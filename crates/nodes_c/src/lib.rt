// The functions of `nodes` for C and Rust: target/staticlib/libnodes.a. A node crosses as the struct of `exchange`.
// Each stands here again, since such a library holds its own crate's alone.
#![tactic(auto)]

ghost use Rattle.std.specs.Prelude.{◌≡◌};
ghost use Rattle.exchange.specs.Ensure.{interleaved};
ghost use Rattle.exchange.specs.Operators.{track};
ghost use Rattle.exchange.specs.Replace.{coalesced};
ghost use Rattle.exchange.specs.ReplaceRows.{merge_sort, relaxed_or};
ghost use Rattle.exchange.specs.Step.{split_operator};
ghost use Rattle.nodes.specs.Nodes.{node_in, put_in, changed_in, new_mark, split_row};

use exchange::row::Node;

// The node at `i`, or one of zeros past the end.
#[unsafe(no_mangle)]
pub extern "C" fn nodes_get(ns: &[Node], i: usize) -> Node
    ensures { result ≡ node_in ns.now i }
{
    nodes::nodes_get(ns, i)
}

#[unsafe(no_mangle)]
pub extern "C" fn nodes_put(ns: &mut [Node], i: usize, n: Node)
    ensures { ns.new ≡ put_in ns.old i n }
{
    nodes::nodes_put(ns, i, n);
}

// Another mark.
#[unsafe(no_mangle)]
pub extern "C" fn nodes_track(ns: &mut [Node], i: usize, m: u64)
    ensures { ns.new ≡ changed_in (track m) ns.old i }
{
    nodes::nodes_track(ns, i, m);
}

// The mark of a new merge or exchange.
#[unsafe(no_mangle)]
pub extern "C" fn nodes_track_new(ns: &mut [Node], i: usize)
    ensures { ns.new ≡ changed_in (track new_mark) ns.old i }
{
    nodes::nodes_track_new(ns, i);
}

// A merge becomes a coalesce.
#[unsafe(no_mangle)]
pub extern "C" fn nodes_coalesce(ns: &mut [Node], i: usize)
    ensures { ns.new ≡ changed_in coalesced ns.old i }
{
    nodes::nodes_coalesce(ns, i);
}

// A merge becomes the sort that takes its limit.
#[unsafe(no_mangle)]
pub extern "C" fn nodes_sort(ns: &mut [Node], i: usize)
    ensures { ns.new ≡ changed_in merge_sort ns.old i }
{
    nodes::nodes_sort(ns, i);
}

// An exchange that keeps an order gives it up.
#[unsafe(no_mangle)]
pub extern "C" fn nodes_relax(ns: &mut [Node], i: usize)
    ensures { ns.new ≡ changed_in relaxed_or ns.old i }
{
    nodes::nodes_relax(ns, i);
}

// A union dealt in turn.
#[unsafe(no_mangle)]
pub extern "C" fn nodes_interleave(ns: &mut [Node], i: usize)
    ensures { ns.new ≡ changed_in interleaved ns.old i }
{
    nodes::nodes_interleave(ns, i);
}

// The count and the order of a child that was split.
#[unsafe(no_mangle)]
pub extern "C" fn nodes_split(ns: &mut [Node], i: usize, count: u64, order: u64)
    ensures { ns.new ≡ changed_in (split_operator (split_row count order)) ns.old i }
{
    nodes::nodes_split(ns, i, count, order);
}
****
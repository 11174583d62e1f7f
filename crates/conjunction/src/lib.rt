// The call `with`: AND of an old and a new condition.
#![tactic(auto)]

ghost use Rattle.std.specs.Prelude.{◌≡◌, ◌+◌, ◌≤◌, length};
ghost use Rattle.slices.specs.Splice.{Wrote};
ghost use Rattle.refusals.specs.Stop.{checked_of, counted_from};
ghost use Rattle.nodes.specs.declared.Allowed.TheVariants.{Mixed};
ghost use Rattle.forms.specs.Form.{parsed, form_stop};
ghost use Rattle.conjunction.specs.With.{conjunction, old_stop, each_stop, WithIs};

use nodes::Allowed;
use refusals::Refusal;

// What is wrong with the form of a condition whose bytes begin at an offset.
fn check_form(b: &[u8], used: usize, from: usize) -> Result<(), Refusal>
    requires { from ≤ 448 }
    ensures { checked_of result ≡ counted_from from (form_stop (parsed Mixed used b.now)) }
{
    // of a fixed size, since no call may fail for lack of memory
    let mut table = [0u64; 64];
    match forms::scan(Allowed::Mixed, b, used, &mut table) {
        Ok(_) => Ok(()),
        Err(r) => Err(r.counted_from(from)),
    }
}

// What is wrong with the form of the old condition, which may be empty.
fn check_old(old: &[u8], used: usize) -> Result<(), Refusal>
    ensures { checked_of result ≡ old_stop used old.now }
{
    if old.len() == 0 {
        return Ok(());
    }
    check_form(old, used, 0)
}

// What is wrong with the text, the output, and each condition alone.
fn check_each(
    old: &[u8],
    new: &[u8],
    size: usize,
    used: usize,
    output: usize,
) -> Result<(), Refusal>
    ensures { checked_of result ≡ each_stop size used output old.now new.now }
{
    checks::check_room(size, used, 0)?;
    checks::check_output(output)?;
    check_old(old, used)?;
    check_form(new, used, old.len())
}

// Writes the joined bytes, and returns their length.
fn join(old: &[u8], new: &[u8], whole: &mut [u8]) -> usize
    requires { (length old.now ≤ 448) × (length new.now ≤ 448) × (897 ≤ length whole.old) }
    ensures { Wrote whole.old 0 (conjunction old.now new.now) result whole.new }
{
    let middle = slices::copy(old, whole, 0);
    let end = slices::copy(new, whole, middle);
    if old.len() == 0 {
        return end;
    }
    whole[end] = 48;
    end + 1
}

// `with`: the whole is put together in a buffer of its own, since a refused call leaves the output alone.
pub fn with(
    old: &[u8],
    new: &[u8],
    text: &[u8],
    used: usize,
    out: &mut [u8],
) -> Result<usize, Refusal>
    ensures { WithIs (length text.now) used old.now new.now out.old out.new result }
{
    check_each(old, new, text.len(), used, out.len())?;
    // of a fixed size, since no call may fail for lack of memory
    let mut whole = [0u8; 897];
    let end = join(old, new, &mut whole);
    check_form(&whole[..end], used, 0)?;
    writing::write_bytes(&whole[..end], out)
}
****
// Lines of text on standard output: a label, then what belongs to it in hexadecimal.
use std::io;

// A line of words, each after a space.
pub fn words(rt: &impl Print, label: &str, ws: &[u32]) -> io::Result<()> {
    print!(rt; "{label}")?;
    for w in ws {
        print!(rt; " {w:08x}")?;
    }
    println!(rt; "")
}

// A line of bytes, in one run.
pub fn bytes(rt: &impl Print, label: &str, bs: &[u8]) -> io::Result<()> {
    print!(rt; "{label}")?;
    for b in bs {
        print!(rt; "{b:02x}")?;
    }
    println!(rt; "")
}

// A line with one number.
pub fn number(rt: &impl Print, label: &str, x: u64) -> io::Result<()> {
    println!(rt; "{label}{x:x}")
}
****
→ WHAT THIS TASK INVOLVES
Your answer should consist of all lines above that include the string "text".

→ RESPONSE
// What is wrong with the text, the output, and each condition alone.
    text: &[u8],
    ensures { WithIs (length text.now) used old.now new.now out.old out.new result }
    check_each(old, new, text.len(), used, out.len())?;
// Lines of text on standard output: a label, then what belongs to it in hexadecimal.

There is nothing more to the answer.